Supplied information »

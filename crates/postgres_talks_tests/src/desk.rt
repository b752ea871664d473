//! A desk that answers one session: it keeps how its block stands, and knows a few statements.

ghost use Rattle.std.specs.Prelude.{IfOk, IfSome};
ghost use Rattle.talks.specs.Wants.{FitsWant};
ghost use Rattle.talks.specs.declared.want.Reply.{Reply as TheReply};
ghost use Rattle.sql_types.specs.declared.answer.Answer.{Answer as TheAnswer};

use sql_ast::columns::ColumnType;
use sql_ast::description::{ResultColumn, StatementDescription};
use sql_types::answer::Answer;
use sql_types::event::Event;
use sql_types::items::Items;
use sql_types::state::SqlState;
use sql_types::tag::Tag;
use sql_types::text::Text;
use sql_types::value::Value;
use sql_types::warning::Warning;
use std::alloc::{AllocError, Global};
use talks::want::{BlockStanding, Reply, Want};

/// The desk.
#[derive(Drop)]
pub struct PostgresDesk {
    alloc: Global,
    block: BlockStanding,
}

impl PostgresDesk {
    /// No block is open.
    pub fn new(alloc: Global) -> PostgresDesk {
        PostgresDesk {
            alloc,
            block: BlockStanding::Outside,
        }
    }

    /// The reply to what is wanted, where that is a step or a question.
    pub fn reply(&mut self, want: &Want) -> Result<Option<Reply>, AllocError>
        ensures { IfOk result (λ reply. IfSome reply (λ r. FitsWant want.now r)) }
    {
        match want {
            Want::Event(Event::Statement { session: _, text }) => {
                let answer = self.answer(text.as_str())?;
                Ok(Some(Reply::Answer(answer)))
            }
            Want::Event(_) => Ok(Some(Reply::Answer(done(Tag::Close, None, None)))),
            Want::Open {
                session: _,
                login,
                entry: _,
            } => Ok(Some(Reply::Answer(opened(login.as_str())))),
            Want::Description { session: _, text } => {
                let description = self.description(text.as_str())?;
                Ok(Some(Reply::Description(description)))
            }
            Want::Standing { session: _ } => Ok(Some(Reply::Standing(Some(self.block)))),
            _ => Ok(None),
        }
    }

    // The answer to a statement.
    fn answer(&mut self, text: &str) -> Result<Answer, AllocError> {
        match text {
            "ROLLBACK" | "COMMIT" => Ok(self.end(text == "COMMIT")),
            _ if matches!(self.block, BlockStanding::Failed) => {
                Ok(Answer::Refused(SqlState::InFailedTransaction))
            }
            "BEGIN" => Ok(self.begin()),
            "SELECT 0" => Ok(Answer::Rows(Items::new(self.alloc))),
            "SELECT 1" | "SELECT 2" => Ok(Answer::Rows(one_row(self.alloc)?)),
            "SELECT 1     " | "SELECT a       , b, c        , d FROM t" => {
                Ok(Answer::Rows(one_row(self.alloc)?))
            }
            "SELECT a        , b, c        , d FROM t WHERE w =   '''; AS z --'" => {
                Ok(Answer::Rows(one_row(self.alloc)?))
            }
            "SELECT 5" => Ok(Answer::Rows(five_rows(self.alloc)?)),
            "INSERT INTO t VALUES (1)" => Ok(done(Tag::Insert, Some(2), None)),
            "UPDATE t SET x = 1" => Ok(done(Tag::Update, Some(3), None)),
            "INSERT   (-5)" => Ok(done(Tag::Insert, Some(1), None)),
            "RESET ROLE" => Ok(done(Tag::Reset, None, None)),
            "CREATE TABLE" => Ok(done(Tag::CreateTable, None, None)),
            "DROP TABLE memory" => Ok(Answer::Refused(SqlState::OutOfMemory)),
            "DROP TABLE device" => Ok(Answer::Refused(SqlState::IoError)),
            _ => Ok(self.refuse(SqlState::SyntaxError)),
        }
    }

    // What a statement would answer. What it tells of `SELECT 2` is not so.
    fn description(&self, text: &str) -> Result<StatementDescription, AllocError> {
        if matches!(self.block, BlockStanding::Failed) {
            return Ok(StatementDescription::Refused(SqlState::InFailedTransaction));
        }
        match text {
            "SELECT 0" | "SELECT 1" => Ok(StatementDescription::Rows(four_columns(self.alloc)?)),
            "SELECT 1     " | "SELECT a       , b, c        , d FROM t" => {
                Ok(StatementDescription::Rows(four_columns(self.alloc)?))
            }
            "SELECT a        , b, c        , d FROM t WHERE w =   '' "
            | "SELECT a        , b, c        , d FROM t WHERE w =   '''; AS z --'" => {
                Ok(StatementDescription::Rows(four_columns(self.alloc)?))
            }
            "SELECT 2" | "SELECT 5" => Ok(StatementDescription::Rows(one_column(self.alloc)?)),
            "INSERT   '' " => Ok(StatementDescription::Refused(SqlState::DatatypeMismatch)),
            "INSERT   0 " | "INSERT   NULL " => Ok(StatementDescription::NoRows),
            _ => Ok(StatementDescription::Refused(SqlState::SyntaxError)),
        }
    }

    fn begin(&mut self) -> Answer {
        match self.block {
            BlockStanding::Outside => {
                self.block = BlockStanding::Inside;
                done(Tag::Begin, None, None)
            }
            _ => done(Tag::Begin, None, Some(Warning::ActiveTransaction)),
        }
    }

    fn end(&mut self, commits: bool) -> Answer {
        let block = self.block;
        self.block = BlockStanding::Outside;
        let tag = if commits && !matches!(block, BlockStanding::Failed) {
            Tag::Commit
        } else {
            Tag::Rollback
        };
        match block {
            BlockStanding::Outside => done(tag, None, Some(Warning::NoActiveTransaction)),
            _ => done(tag, None, None),
        }
    }

    // A refusal but for memory fails the block.
    fn refuse(&mut self, state: SqlState) -> Answer {
        if matches!(self.block, BlockStanding::Inside) {
            self.block = BlockStanding::Failed;
        }
        Answer::Refused(state)
    }
}

fn opened(login: &str) -> Answer {
    match login {
        "nobody" => Answer::Refused(SqlState::InvalidAuthorization),
        _ => done(Tag::Open, None, None),
    }
}

fn done(tag: Tag, count: Option<u64>, warning: Option<Warning>) -> Answer {
    Answer::Done {
        tag,
        count,
        warning,
    }
}

// A row of each kind of value.
fn one_row(alloc: Global) -> Result<Items<Items<Value>>, AllocError> {
    let mut row = Items::new(alloc);
    row.push(Value::Int(-12))?;
    row.push(Value::Text(Text::from_str(alloc, "a'b")?))?;
    row.push(Value::Bool(true))?;
    row.push(Value::Null)?;
    let mut rows = Items::new(alloc);
    rows.push(row)?;
    Ok(rows)
}

// The numbers from 1 to 5.
fn five_rows(alloc: Global) -> Result<Items<Items<Value>>, AllocError> {
    let mut rows = Items::new(alloc);
    for number in 1..6 {
        let mut row = Items::new(alloc);
        row.push(Value::Int(number))?;
        rows.push(row)?;
    }
    Ok(rows)
}

// A column of each type, and one more.
fn four_columns(alloc: Global) -> Result<Items<ResultColumn>, AllocError> {
    let mut columns = Items::new(alloc);
    columns.push(column(alloc, "number", ColumnType::BigInt)?)?;
    columns.push(column(alloc, "word", ColumnType::Text)?)?;
    columns.push(column(alloc, "truth", ColumnType::Boolean)?)?;
    columns.push(column(alloc, "?column?", ColumnType::BigInt)?)?;
    Ok(columns)
}

fn one_column(alloc: Global) -> Result<Items<ResultColumn>, AllocError> {
    let mut columns = Items::new(alloc);
    columns.push(column(alloc, "number", ColumnType::BigInt)?)?;
    Ok(columns)
}

fn column(alloc: Global, name: &str, column_type: ColumnType) -> Result<ResultColumn, AllocError> {
    Ok(ResultColumn {
        name: Text::from_str(alloc, name)?,
        column_type,
    })
}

Activity »
Reproduce exactly the first line of the listing and every line after it, through the one containing "use sql_ast::columns::ColumnType;". Nothing else belongs in the output.

Solution »
filename crates/postgres_talks_tests/src/desk.rt
repository b752ea871664d473
//! A desk that answers one session: it keeps how its block stands, and knows a few statements.

ghost use Rattle.std.specs.Prelude.{IfOk, IfSome};
ghost use Rattle.talks.specs.Wants.{FitsWant};
ghost use Rattle.talks.specs.declared.want.Reply.{Reply as TheReply};
ghost use Rattle.sql_types.specs.declared.answer.Answer.{Answer as TheAnswer};

use sql_ast::columns::ColumnType;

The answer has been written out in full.